'The Normal Heart's Taylor Kitsch May Finally Get Out Of His 'Friday Night Lights' Pigeonhole
It's easy to look at The Normal Heart star Taylor Kitsch, who's still rocking his Tim Riggins long locks offscreen, and assume that in every role he's the same character we've seen time and again. But HBO's adaptation of the beloved Larry Kramer stage play is going to change all of that. It gives fans of the Riggs hope that the actor will eventually break out beyond playing "Tim Riggins as John Carter" or "Tim Riggins as suave Orange Country drug dealer." In The Normal Heart, Kitsch finally escapes type casting and delivers a performance that many of us didn't think he had in him.

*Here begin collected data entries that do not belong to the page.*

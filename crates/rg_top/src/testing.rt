//! The answer to a request for a self test.
ghost use Rattle.std.specs.Prelude.{◌≡◌, length, IfOk, IsErrOf};
ghost use Rattle.rg_theory.specs.ClassWords.{HasNumbersInRange};
ghost use Rattle.rg_families.specs.Families.{IsFamilyNumber};
ghost use Rattle.rg_cert_meaning.specs.Refutes.{Accepts};
ghost use Rattle.rg_cert_data.specs.Certificates.{reason_of, IsCertificateOf};
ghost use Rattle.rg_separate.specs.View.{shown_of};
ghost use Rattle.rg_cert_data.specs.declared.wide_at.WideAt.{WideAt};
ghost use Rattle.rg_synth.specs.Answer.{IsSolvingNet};
ghost use Rattle.rg_commands.specs.Requests.{IsTestNumber};
ghost use Rattle.rg_messages.specs.CheckedTexts.{yes_line};
ghost use Rattle.rg_messages.specs.TrialTexts.{solved_line, unsolvable_line};
ghost use Rattle.rg_top.specs.SelfTest.{trial, HasLine, Passes, SelfTestEnds};
ghost use Rattle.rg_top.specs.End.{says_yes, shows_term};
ghost use Rattle.rg_top.specs.Requests.{end_of};
ghost use Rattle.rg_top.specs.Terms.{of_net};
ghost use Rattle.rg_top.specs.declared.testing.TrialStop.TheVariants as stop;

use crate::answer::Answer;
use rg_cert_data::{Certificate, WideAt};
use rg_families::{Kind, generate};
use rg_lts::Lts;
use rg_memory::NoMemory;
use rg_messages::{WideCause, solved_text, unsolvable_text, yes_text};
use rg_net::Net;
use rg_net_verdict::{CheckStop, NetVerdict, check_net, solving_net_gets_yes};
use rg_ports::Gate;
use rg_synth::{Answer as Outcome, synthesize};
use rg_theory::{ALL_NETS, Class};
use rg_verify::{Verdict, one_verdict, verify};
use std::alloc::{AllocError, Global};
use std::thread::Threads;

// The class in which locks are solved.
const PURE_PLAIN_SAFE: Class = Class {
    pure: true,
    plain: true,
    bound: Some(1),
    ..ALL_NETS
};

// The most users of a lock.
const MOST_USERS: u32 = 2;

// How many jobs do the work.
const JOBS: u8 = 1;

// Why a trial has no line.
enum TrialStop {
    TooWide(WideAt),
    NoMemory,
}

impl From<NoMemory> for TrialStop {
    ghost from_gives = { λ _ e. e ≡ stop.NoMemory };

    fn from(_: NoMemory) -> TrialStop {
        TrialStop::NoMemory
    }
}

impl From<AllocError> for TrialStop {
    ghost from_gives = { λ _ e. e ≡ stop.NoMemory };

    fn from(_: AllocError) -> TrialStop {
        TrialStop::NoMemory
    }
}

// The lines of the three trials, or the number that passes in the first that has no line.
pub(crate) fn self_test_answer<R: Threads + Sync, G: Gate + Sync>(
    rt: &R,
    alloc: Global,
    n: u32,
    gate: &G,
) -> Result<Answer, NoMemory>
    requires number { IsTestNumber n }
    ensures { IfOk result (λ a. SelfTestEnds n (end_of a)) }
{
    match three_lines(rt, alloc, n, gate) {
        Ok(lines) => Ok(Answer::Yes(lines)),
        Err(TrialStop::TooWide(at)) => Ok(Answer::TooWide(WideCause::Synthesis(at))),
        Err(TrialStop::NoMemory) => Err(NoMemory),
    }
}

// The lines of the three trials.
fn three_lines<R: Threads + Sync, G: Gate + Sync>(
    rt: &R,
    alloc: Global,
    n: u32,
    gate: &G,
) -> Result<Vec<u8>, TrialStop>
    requires { IsTestNumber n }
    ensures lines { IfOk result (λ text. SelfTestEnds n (says_yes text.items)) }
    ensures passes { (at : WideAt) → IsErrOf result (stop.TooWide at) → SelfTestEnds n (shows_term (of_net (shown_of at))) }
{
    let users = n.min(MOST_USERS);
    let mut text = trial_line(rt, alloc, Kind::Grid, n, ALL_NETS, gate)?;
    let doubling = trial_line(rt, alloc, Kind::Doubling, n, ALL_NETS, gate)?;
    text.extend_from_slice(&doubling)?;
    let lock = trial_line(rt, alloc, Kind::Lock, users, PURE_PLAIN_SAFE, gate)?;
    text.extend_from_slice(&lock)?;
    Ok(text)
}

// The line of a trial: what `check` says of the net that is found, or `verify` of the certificate.
fn trial_line<R: Threads + Sync, G: Gate + Sync>(
    rt: &R,
    alloc: Global,
    kind: Kind,
    n: u32,
    class: Class,
    gate: &G,
) -> Result<Vec<u8>, TrialStop>
    requires number { IsFamilyNumber kind n }
    requires bound { HasNumbersInRange class }
    ensures line { IfOk result (λ line. HasLine (trial kind n class) line.items) }
    ensures passes { (at : WideAt) → IsErrOf result (stop.TooWide at) → Passes (trial kind n class) (shown_of at) }
{
    let lts = generate(alloc, kind, n)?;
    match synthesize(rt, alloc, &lts, class, JOBS, gate)? {
        Outcome::Net(net) => Ok(net_line(alloc, kind, n, &lts, class, &net)?),
        Outcome::Unsolvable(cert) => Ok(certificate_line(alloc, kind, n, &lts, &cert)?),
        Outcome::TooWide(at) => Err(TrialStop::TooWide(at)),
    }
}

// The line of a net, with what the judge of nets says of it.
fn net_line(
    alloc: Global,
    kind: Kind,
    n: u32,
    lts: &Lts,
    class: Class,
    net: &Net,
) -> Result<Vec<u8>, NoMemory>
    requires { IsSolvingNet lts.now class net.now }
    ensures { IfOk result (λ line. line.items ≡ solved_line kind n lts.now (length net.now.places) yes_line) }
{
    lts.is_well_formed();
    solving_net_gets_yes();
    match check_net(alloc, lts, net, class) {
        Ok(NetVerdict::Yes) => {
            let verdict = yes_text(alloc)?;
            let places = net.places().len();
            Ok(solved_text(alloc, kind, n, lts, places, &verdict)?)
        }
        Ok(NetVerdict::No(_)) => unreachable!(),
        Err(CheckStop::Wide(_)) => unreachable!(),
        Err(CheckStop::NoMemory) => Err(NoMemory),
    }
}

// The line of a certificate, once it is accepted.
fn certificate_line(
    alloc: Global,
    kind: Kind,
    n: u32,
    lts: &Lts,
    cert: &Certificate,
) -> Result<Vec<u8>, NoMemory>
    requires in_range { IsCertificateOf lts.now cert.now }
    requires holds { Accepts lts.now cert.now.class (reason_of cert.now.reason) }
    ensures { IfOk result (λ line. line.items ≡ unsolvable_line kind n lts.now (reason_of cert.now.reason)) }
{
    one_verdict();
    match verify(alloc, lts, cert)? {
        Verdict::Accepted => Ok(unsolvable_text(alloc, kind, n, lts, &cert.reason)?),
        Verdict::Refused { .. } => unreachable!(),
    }
}
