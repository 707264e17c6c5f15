//! How a run ends.
ghost use Rattle.std.specs.Prelude.{◌≡◌};
ghost use Rattle.rg_top.specs.Numbers.{status_number};

use rg_commands::Usage;
use rg_messages::{FileFault, WideCause};

/// How a run ends.
#[derive(Drop)]
pub enum Status {
    /// The command's yes. Its text is written to out: a net, a net with labels, a system, factors, a map of states, a
    /// report, that a certificate is accepted, that a net is right, or the lines of a self test.
    Done,
    /// The command's no. Its text is written to out: a certificate, why a certificate is refused or a net isn't
    /// right, why a system has no factors or is not split, the first difference of two systems, or what a form can't
    /// hold.
    No,
    /// The words are refused; a line is written to err.
    Usage(Usage),
    /// A file is missing or too long, or a file other than a certificate has a fault of its text; a line is written
    /// to err.
    File(FileFault),
    /// A number that the stated order of work forms, or a marking of a net, is out of range; a line with it is
    /// written to err.
    TooWide(WideCause),
    /// A call of the shelf failed; nothing is written.
    ReadFault,
    /// A write failed; a proper prefix of the output is written.
    WriteFault,
    /// Memory ran out; nothing is written.
    NoMemory,
}

impl Status {
    /// Returns the exit status of the program, from 0 to 7.
    pub fn number(&self) -> u8
        ensures { result ≡ status_number self.now }
    {
        match self {
            Status::Done => 0,
            Status::No => 1,
            Status::Usage(_) => 2,
            Status::File(_) => 3,
            Status::TooWide(_) => 4,
            Status::ReadFault => 5,
            Status::WriteFault => 6,
            Status::NoMemory => 7,
        }
    }
}
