//! Folders of which some are closed, for tests.
ghost use Rattle.std.specs.Prelude.{◌≡◌, ◌≤◌, None, OnOk};

use notify_paths::{Error, PathBuf};
use poll_listing::Found;
use poll_rounds::{Closed, Folders, NotesClosed};
use std::alloc::{AllocError, Allocator};
use std::io;

/// Other folders, of which some can't be read and entered, as since permission closes them: what lies in such a one is
/// noted as closed, and counts as missing.
#[derive(Drop)]
pub struct ClosedFolders<A: Allocator, D: Drop> {
    alloc: A,
    inner: D,
    shut: Vec<PathBuf<A>, A>,
    noted: Vec<Closed<A>, A>,
}

impl<A: Allocator + Copy, D: Drop> ClosedFolders<A, D> {
    /// Returns the folders of which these are closed.
    pub fn new(alloc: A, inner: D, shut: Vec<PathBuf<A>, A>) -> ClosedFolders<A, D>
        ensures inner { result.inner ≡ inner }
        ensures shut { result.shut ≡ shut }
    {
        ClosedFolders {
            alloc,
            inner,
            shut,
            noted: Vec::new(alloc),
        }
    }

    /// Notes that the first closed folder that passes the test is closed, if one does. Answers whether one does.
    fn note_if(&mut self, path: &PathBuf<A>, names: bool) -> Result<bool, AllocError>
        ensures { self.new.inner ≡ self.old.inner }
    {
        for folder in &self.shut {
            if path.is_below(folder) || (names && *path == *folder) {
                if !self.noted.iter().any(|(noted, _cause)| *noted == *folder) {
                    let noted = (folder.clone()?, io::ErrorKind::PermissionDenied);
                    self.noted.push(noted)?;
                }
                return Ok(true);
            }
        }
        Ok(false)
    }
}

impl<A: Allocator + Copy, D: Folders<A> + Drop> Folders<A> for ClosedFolders<A, D> {
    ghost told = { λ _. None };

    ghost failed = { λ s. D.failed s.inner };

    fn look(&mut self, path: &PathBuf<A>) -> Result<Option<Found>, Error<A>> {
        match self.note_if(path, false) {
            Ok(true) => Ok(None),
            Ok(false) => self.inner.look(path),
            Err(_) => Err(Error::out_of_memory(self.alloc)),
        }
    }

    fn names(&mut self, path: &PathBuf<A>) -> Result<Option<Vec<String<A>, A>>, Error<A>> {
        match self.note_if(path, true) {
            Ok(true) => Ok(Some(Vec::new(self.alloc))),
            Ok(false) => self.inner.names(path),
            Err(_) => Err(Error::out_of_memory(self.alloc)),
        }
    }

    fn failures(&self) -> u64 {
        self.inner.failures()
    }
}

impl<A: Allocator + Copy, D: Folders<A> + Drop> NotesClosed<A> for ClosedFolders<A, D> {
    ghost closed = { λ s. s.noted.items };

    fn closed(&self) -> &[Closed<A>] {
        self.noted.as_slice()
    }

    fn forget_closed(&mut self) {
        self.noted.clear();
    }
}
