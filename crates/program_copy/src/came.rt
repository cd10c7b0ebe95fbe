//! What came along with moves.
use notify_paths::PathBuf;
use std::alloc::{AllocError, Global};
use std::collections::BTreeMap;

/// Where what stands at a path was before, by what a batch tells.
pub(crate) type Sources = BTreeMap<PathBuf, PathBuf>;

/// What came along with moves in the copy.
#[derive(Drop)]
pub(crate) struct Came {
    /// The paths that the last batch tells.
    told: BTreeMap<PathBuf, ()>,
    /// The paths that no batch has told yet, and where they were before.
    untold: BTreeMap<PathBuf, PathBuf>,
}

impl Came {
    /// Nothing has come along yet.
    pub(crate) fn new(alloc: Global) -> Came {
        Came {
            told: BTreeMap::new(alloc),
            untold: BTreeMap::new(alloc),
        }
    }

    /// What was told before counts as any other copy from now on.
    pub(crate) fn forget_told(&mut self, alloc: Global) {
        self.told = BTreeMap::new(alloc);
    }

    /// Notes that what came to the path is told.
    pub(crate) fn note_told(&mut self, path: &PathBuf) -> Result<(), AllocError> {
        self.told.insert(path.clone()?, ())?;
        Ok(())
    }

    /// Notes that what came from `old` to `new` isn't told yet.
    pub(crate) fn note_untold(&mut self, old: &PathBuf, new: &PathBuf) -> Result<(), AllocError> {
        self.untold.insert(new.clone()?, old.clone()?)?;
        Ok(())
    }

    /// Notes what is told now: what came along from just there. A tick can part the events of one move, and then a
    /// later batch tells the rest.
    pub(crate) fn note_sources(&mut self, sources: &Sources) -> Result<(), AllocError> {
        for (new, old) in sources {
            if self.untold.get(new) == Some(old) {
                self.note_told(new)?;
            }
        }
        Ok(())
    }

    /// Says whether what stands at the path came along and is told. From now on it counts as any other copy.
    pub(crate) fn take(&mut self, path: &PathBuf) -> bool {
        self.untold.remove(path);
        self.told.remove(path).is_some()
    }
}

Of course, Kitsch appears as a different person in the film, donning a perfectly '80s blonde coif. He may be slightly unrecognizable to some, but elements of the Kitsch we fell in love with in Dillon, Texas are there. Kitsch plays Bruce, one of the founding members of an organization aimed at education and eradication of an unidentified disease seemingly affecting only gay men. Of course, The Normal Heart is the story of gay men in New York in the 1980s as they discovered, fought, and lost many battles with AIDS long before the HIV virus was widely understood and accepted as a crisis. Bruce and his friends, include writer and activist Ned Weeks (Mark Ruffalo), New York Times reporter Felix Turner (Matthew Bomer), and activist Tommy Boatwright (Jim Parsons) struggle to understand the new affliction as their friends continue to fall ill and die, all the while earning no support or even a single person in power willing to listen.
It's powerful stuff and it would be very, very easy to assume that Kitsch's performance earns its gravity from the subject matter alone, but that's simply untrue. While Kramer's script (which he adapted from his own play) and the real life tragedy attached to the film bring a requisite level of gravity and heart to the production, it's the intimate moments in which Kitsch portrays a grieving boyfriend, a frustrated human, and a furious activist that earn him his stripes.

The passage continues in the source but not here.